As reported in recent systematic reviews [25,54], AI techniques, especially supervised machine learning techniques, are extensively used for building black-box models for glucose prediction. The most used method is NN, but other machine learning methodologies, such as random forest, support vector regression, regression algorithms and deep-learning techniques. For example, long short-term memory (LSTM) networks, are increasingly being adopted. In the two subsections below we review some of the most relevant state-of-the-art approaches for the prediction of interstitial glucose concentration level (Section 5.1) and hypoglycemic events (Section 5.2). For a systematic literature review on these topics, we refer the reader to [25,52,54].

5.1. Prediction of Interstitial Glucose Concentration Level

Most of the prediction algorithms in the literature approach the problem of glucose prediction as a regression problem, in other words they seek to predict the value of interstitial glucose concentration with a prediction horizon (PH) typically below 60 min (30 min is the most frequent PH value) [52]. Interstitial glucose predictions can be used to generate predictive alerts, when for example, the predicted glucose value exceeds a certain high/low glucose threshold, an alarm is generated (Figure 4).
One of the first AI algorithms for glucose concentration forecasting was proposed by Pérez-Gandía et al. in 2010 [55]. In this work, the authors developed an NN for 30-min ahead glucose prediction based on the CGM data collected in the previous 20-min time-window. In particular, the network architecture had three layers with a first layer of 10 neurons and a second layer of five neurons. These layers had a sigmoidal transfer function, with totally connected and feed-forward neurons. This type of algorithm has recently been included in a prototype of a mobile DSS to support patients with T1D in daily management decisions [56]. More recently, Zecchin et al. [53] have proposed using a jump NN, i.e., an NN with inputs directly connected to both the hidden layer and the output, and with four inputs: CGM reading, its first-order derivative, injected insulin and ingested carbohydrates.
In 2018, a dataset for benchmarking glucose prediction algorithms (the OhioT1DM dataset) was released by Ohio University in combination with The Blood Glucose Level Prediction Challenge (BGLP) at The 3rd Workshop on Knowledge Discovery in Healthcare Data (KDH), whose aim was to compare the efficacy of different machine learning prediction approaches on a standard set of real patient data. In 2020, the dataset was extended in the occasion of the 2nd edition of the BGLP challenge [57].
Recently, Xie and Wang compared the performance of several black-box prediction algorithms on the OhioT1DM dataset [58]. In particular, they considered the Autoregressive model with exogenous inputs (ARX), elastic net, LASSO, Ridge and Huber regressions, gradient boosting trees, random forest, support vector regression (SVR) and two deep learning approaches: LSTM and Temporal Convolution Network (TCN).

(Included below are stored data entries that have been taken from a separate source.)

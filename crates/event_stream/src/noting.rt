//! Writing what the manager notes of memory's lines.
ghost use Rattle.std.specs.Prelude.{◌≡◌, ◌+◌, ◌<◌, ◌≤◌, ◌++◌, length};
ghost use Rattle.directory.specs.Directory.{line_at};
ghost use Rattle.directory.specs.Lines.{known_at};
ghost use Rattle.event_stream.specs.Noted as noted;
ghost use Rattle.text_fields.specs.Pages.{HasLineRoom, Spells, size};
ghost use Rattle.trace_text.specs.Words as words;

use crate::waits::{line_address, size_of};
use coherent_machine::Machine;
use directory::{Directory, Known, Transaction};
use std::io::{Result, Write};
use text_fields::Page;
use tl_types::{Grow, Perm};

fn perm_name(perm: Perm) -> &'static [u8]
    ensures value { result.now ≡ noted.perm_name perm }
    ensures len { length result.now ≤ 8 }
{
    match perm {
        Perm::Nothing => b" Nothing",
        Perm::Branch => b" Branch",
        Perm::Trunk => b" Trunk",
    }
}

/// Whether the hart's ProbeAck is awaited, and the line's end.
fn awaited_end(awaited: bool) -> &'static [u8]
    ensures value { result.now ≡ noted.awaited_end awaited }
    ensures len { length result.now ≤ 9 }
{
    if awaited { b" awaited\n" } else { b"\n" }
}

fn is_permission(perm: Perm) -> bool
    ensures { result ≡ noted.is_permission perm }
{
    match perm {
        Perm::Nothing => false,
        Perm::Branch | Perm::Trunk => true,
    }
}

fn spell_known(page: &mut Page, hart: u8, line: u32, known: Known)
    requires { HasLineRoom page.old }
    ensures { page.new ≡ page.old ++ noted.known_line hart line known }
{
    page.text(b"N ");
    page.number(hart as u64, b' ');
    page.word(line);
    page.text(perm_name(known.perm));
    page.text(awaited_end(known.awaited));
}

/// The record of a hart, where it is one.
fn spell_record(page: &mut Page, hart: u8, line: u32, known: Known)
    requires { HasLineRoom page.old }
    ensures { page.new ≡ page.old ++ noted.record_line hart line known }
{
    if is_permission(known.perm) || known.awaited {
        spell_known(page, hart, line, known);
    }
}

fn spell_record_at(page: &mut Page, machine: &Machine, number: u32, hart: u8)
    requires room { HasLineRoom page.old }
    requires few { number < 65536 }
    requires line { number < length machine.now.views.notes.lines }
    requires hart { hart < machine.now.views.notes.harts }
    ensures { page.new ≡ page.old ++ noted.record_at machine.now number hart }
{
    let known = machine.views().directory().known(number, hart);
    spell_record(page, hart, line_address(size_of(machine), number), known);
}

/// The records of a line, hart by hart.
fn put_records<W: Write>(page: &mut Page, out: &mut W, machine: &Machine, number: u32) -> Result<()>
    requires few { number < 65536 }
    requires line { number < length machine.now.views.notes.lines }
    ensures { Spells (W.contents out.old) (W.contents out.new) page.old page.new (noted.records_of machine.now number) result }
{
    let count = machine.views().directory().harts();
    let mut hart = 0;
    while hart < count {
        page.make_room(out)?;
        spell_record_at(page, machine, number, hart);
        hart += 1;
    }
    Ok(())
}

pub(crate) fn grow_name(grow: Grow) -> &'static [u8]
    ensures value { result.now ≡ words.grow grow }
    ensures len { length result.now ≤ 5 }
{
    match grow {
        Grow::NtoB => b" NtoB",
        Grow::NtoT => b" NtoT",
        Grow::BtoT => b" BtoT",
    }
}

fn spell_probing(page: &mut Page, line: u32, hart: u8, grow: Grow)
    requires { HasLineRoom page.old }
    ensures { page.new ≡ page.old ++ noted.transaction_line line (Transaction.Probing hart grow) }
{
    page.text(b"G ");
    page.number(hart as u64, b' ');
    page.word(line);
    page.text(b" Probing");
    page.text(grow_name(grow));
    page.text(b"\n");
}

fn spell_granted(page: &mut Page, line: u32, hart: u8)
    requires { HasLineRoom page.old }
    ensures { page.new ≡ page.old ++ noted.transaction_line line (Transaction.Granted hart) }
{
    page.text(b"G ");
    page.number(hart as u64, b' ');
    page.word(line);
    page.text(b" Granted\n");
}

fn spell_transaction(page: &mut Page, line: u32, transaction: Transaction)
    requires { HasLineRoom page.old }
    ensures { page.new ≡ page.old ++ noted.transaction_line line transaction }
{
    match transaction {
        Transaction::Idle => {}
        Transaction::Probing(hart, grow) => spell_probing(page, line, hart, grow),
        Transaction::Granted(hart) => spell_granted(page, line, hart),
    }
}

fn spell_transaction_at(page: &mut Page, machine: &Machine, number: u32)
    requires room { HasLineRoom page.old }
    requires few { number < 65536 }
    requires line { number < length machine.now.views.notes.lines }
    ensures { page.new ≡ page.old ++ noted.transaction_at machine.now number }
{
    let transaction = machine.views().directory().transaction(number);
    spell_transaction(page, line_address(size_of(machine), number), transaction);
}

fn put_transaction<W: Write>(
    page: &mut Page,
    out: &mut W,
    machine: &Machine,
    number: u32,
) -> Result<()>
    requires few { number < 65536 }
    requires line { number < length machine.now.views.notes.lines }
    ensures { Spells (W.contents out.old) (W.contents out.new) page.old page.new (noted.transaction_at machine.now number) result }
{
    page.make_room(out)?;
    spell_transaction_at(page, machine, number);
    Ok(())
}

/// The records and the transaction of a line.
fn put_notes<W: Write>(page: &mut Page, out: &mut W, machine: &Machine, number: u32) -> Result<()>
    requires few { number < 65536 }
    requires line { number < length machine.now.views.notes.lines }
    ensures { Spells (W.contents out.old) (W.contents out.new) page.old page.new (noted.noted_at machine.now number) result }
{
    put_records(page, out, machine, number)?;
    put_transaction(page, out, machine, number)
}

/// What the manager notes, line by line.
pub(crate) fn put_noted<W: Write>(page: &mut Page, out: &mut W, machine: &Machine) -> Result<()>
    requires { length machine.now.views.notes.lines ≡ length machine.now.views.memory }
    ensures { Spells (W.contents out.old) (W.contents out.new) page.old page.new (noted.noted_lines machine.now) result }
{
    let count = machine.views().memory().line_count();
    let mut number = 0;
    while number < count {
        put_notes(page, out, machine, number)?;
        number += 1;
    }
    Ok(())
}
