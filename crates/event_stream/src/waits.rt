//! Writing what a hart's next step waits for.
ghost use Rattle.std.specs.Prelude.{◌≡◌, ◌+◌, ◌<◌, ◌*◌, ◌++◌, length};
ghost use Rattle.std.specs.List.{flat_map};
ghost use Rattle.elf_loader.specs.Size.{base};
ghost use Rattle.event_stream.specs.Closing as closing;
ghost use Rattle.machine_model.specs.Ready.{shape_of};
ghost use Rattle.machine_model.specs.Views.{line_size};
ghost use Rattle.client_cache.specs.Shape.{set_of};
ghost use Rattle.text_fields.specs.Pages.{HasLineRoom, Spells};
ghost use Rattle.tl_types.specs.Line.{length_of};

use client_cache::ClientCache;
use coherent_machine::Machine;
use elf_loader::BASE;
use machine_types::Outcome;
use std::io::{Result, Write};
use store_buffer::{Entry, StoreBuffer};
use text_fields::Page;
use tl_types::LineSize;

/// The address that the hart's next instruction reads or writes.
pub fn next_address(machine: &Machine, hart: usize) -> Option<u32>
    requires { hart < length machine.now.views.nodes }
    ensures { result ≡ closing.next_address machine.now hart }
{
    match machine
        .views()
        .hart(hart)
        .next_action(machine.trace().image())
    {
        Some(action) => action.address(),
        None => None,
    }
}

fn spell_address(page: &mut Page, address: u32)
    requires { HasLineRoom page.old }
    ensures { page.new ≡ page.old ++ closing.address address }
{
    page.text(b" ");
    page.word(address);
}

fn spell_entry(page: &mut Page, entry: &Entry)
    requires { HasLineRoom page.old }
    ensures { page.new ≡ page.old ++ closing.entry_word entry.now }
{
    spell_address(page, entry.word);
}

fn put_entries<W: Write>(page: &mut Page, out: &mut W, entries: &[Entry]) -> Result<()>
    ensures { Spells (W.contents out.old) (W.contents out.new) page.old page.new (flat_map closing.entry_word entries.now) result }
{
    for entry in entries {
        page.make_room(out)?;
        spell_entry(page, entry);
    }
    Ok(())
}

/// The words of the stores that wait, those of the oldest group first.
fn put_words<W: Write>(page: &mut Page, out: &mut W, buffer: &StoreBuffer) -> Result<()>
    ensures { Spells (W.contents out.old) (W.contents out.new) page.old page.new (closing.waiting_words buffer.now) result }
{
    let count = buffer.group_count();
    let mut index = 0;
    while index < count {
        put_entries(page, out, buffer.group(index))?;
        index += 1;
    }
    Ok(())
}

/// Whether the line takes a way of its set.
fn takes_way(cache: &ClientCache, line: u32) -> bool
    ensures { result ≡ closing.takes_way cache.now line }
{
    cache.copy(line).is_some() || cache.is_acquiring(line)
}

/// How many bytes a line of the machine has.
pub(crate) fn size_of(machine: &Machine) -> LineSize
    ensures { result ≡ line_size machine.now }
{
    machine.views().config().line
}

/// The address of memory's line of this number.
pub(crate) fn line_address(size: LineSize, number: u32) -> u32
    requires { number < 65536 }
    ensures { result ≡ base + number * length_of size }
{
    match size {
        LineSize::Bytes16 => BASE + number * 16,
        LineSize::Bytes64 => BASE + number * 64,
    }
}

/// The set of a cache that a line belongs to.
fn set_of(machine: &Machine, line: u32) -> u32
    requires { 0 < machine.now.views.config.sets }
    ensures { result ≡ set_of (shape_of machine.now) line }
{
    line / size_of(machine).bytes() % machine.views().config().sets
}

/// Whether a line takes a way of the set of the line that is wanted.
fn takes_way_beside(machine: &Machine, cache: &ClientCache, wanted: u32, line: u32) -> bool
    requires { 0 < machine.now.views.config.sets }
    ensures { result ≡ closing.takes_way_beside machine.now cache.now wanted line }
{
    set_of(machine, line) == set_of(machine, wanted) && takes_way(cache, line)
}

/// Memory's line of this number, where it takes a way of the set.
fn spell_way(page: &mut Page, machine: &Machine, cache: &ClientCache, wanted: u32, number: u32)
    requires room { HasLineRoom page.old }
    requires sets { 0 < machine.now.views.config.sets }
    requires few { number < 65536 }
    ensures { page.new ≡ page.old ++ closing.way_of_set machine.now cache.now wanted number }
{
    let line = line_address(size_of(machine), number);
    if takes_way_beside(machine, cache, wanted, line) {
        spell_address(page, line);
    }
}

/// The lines that take the ways of the wanted line's set, the lowest first.
fn put_ways<W: Write>(
    page: &mut Page,
    out: &mut W,
    machine: &Machine,
    cache: &ClientCache,
    wanted: u32,
) -> Result<()>
    requires { 0 < machine.now.views.config.sets }
    ensures { Spells (W.contents out.old) (W.contents out.new) page.old page.new (closing.ways_of_set machine.now cache.now wanted) result }
{
    let count = machine.views().memory().line_count();
    let mut number = 0;
    while number < count {
        page.make_room(out)?;
        spell_way(page, machine, cache, wanted, number);
        number += 1;
    }
    Ok(())
}

fn put_ways_named<W: Write>(
    page: &mut Page,
    out: &mut W,
    machine: &Machine,
    cache: &ClientCache,
    address: Option<u32>,
) -> Result<()>
    requires { 0 < machine.now.views.config.sets }
    ensures { Spells (W.contents out.old) (W.contents out.new) page.old page.new (closing.ways_named machine.now cache.now address) result }
{
    match address {
        Some(address) => {
            let wanted = size_of(machine).line_of(address);
            put_ways(page, out, machine, cache, wanted)
        }
        None => Ok(()),
    }
}

/// The line that an address lies in, where there is one.
fn spell_line_named(page: &mut Page, machine: &Machine, address: Option<u32>)
    requires { HasLineRoom page.old }
    ensures { page.new ≡ page.old ++ closing.line_named machine.now address }
{
    if let Some(address) = address {
        spell_address(page, size_of(machine).line_of(address));
    }
}

fn put_line_named<W: Write>(
    page: &mut Page,
    out: &mut W,
    machine: &Machine,
    address: Option<u32>,
) -> Result<()>
    ensures { Spells (W.contents out.old) (W.contents out.new) page.old page.new (closing.line_named machine.now address) result }
{
    page.make_room(out)?;
    spell_line_named(page, machine, address);
    Ok(())
}

/// What the hart's next step waits for, where it comes to this.
pub(crate) fn put_waited<W: Write>(
    page: &mut Page,
    out: &mut W,
    machine: &Machine,
    hart: usize,
    outcome: Outcome,
) -> Result<()>
    requires hart { hart < length machine.now.views.nodes }
    requires sets { 0 < machine.now.views.config.sets }
    ensures { Spells (W.contents out.old) (W.contents out.new) page.old page.new (closing.waited machine.now hart outcome) result }
{
    match outcome {
        Outcome::MustDrain | Outcome::BufferFull => {
            put_words(page, out, machine.views().buffer(hart))
        }
        Outcome::SetFull => {
            let address = next_address(machine, hart);
            put_ways_named(page, out, machine, machine.views().cache(hart), address)
        }
        Outcome::WaitGrant | Outcome::WaitRelease => {
            put_line_named(page, out, machine, next_address(machine, hart))
        }
        Outcome::Retired
        | Outcome::Stopped(_)
        | Outcome::Exited(_)
        | Outcome::Drained
        | Outcome::Delivered
        | Outcome::Evicted
        | Outcome::Missed(_)
        | Outcome::Halted
        | Outcome::NoTracker
        | Outcome::NoEntry
        | Outcome::NotOldest
        | Outcome::Empty
        | Outcome::Busy
        | Outcome::Releasing
        | Outcome::AckFull
        | Outcome::NotHeld
        | Outcome::AcquirePending
        | Outcome::ReleaseFull
        | Outcome::NotLocal => Ok(()),
    }
}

All the methods were assessed considering 30-min PH and different input configurations, i.e., CGM + insulin, CGM + carbs, CGM + insulin + carbs, CGM + insulin + carbs + heart rate, over the past 15, 30, 45, 60 min. The prediction performance was assessed using two commonly used metrics: the root mean squared error (RMSE) between the CGM profile and the predicted profile, and time gain (TG), i.e., the difference between the PH and the delay between the CGM profile and the predicted profile.
The best results were achieved by considering all of the available inputs in a 45-min time-window before the prediction time. The models showing best performance in terms RMSE were ARX, Ridge regression, linear SVR, LSTM, and TCN, with RMSE between 19 and 20 mg/dL. The maximum TG was achieved for Gradient boosting trees and LSTM, which made it possible to predict the CGM data, on average, 7 min in advance. Considering both of the metrics, the models that performed better were linear SVR and TCN with RMSE around 20 mg/dL and a TG of about 6 min.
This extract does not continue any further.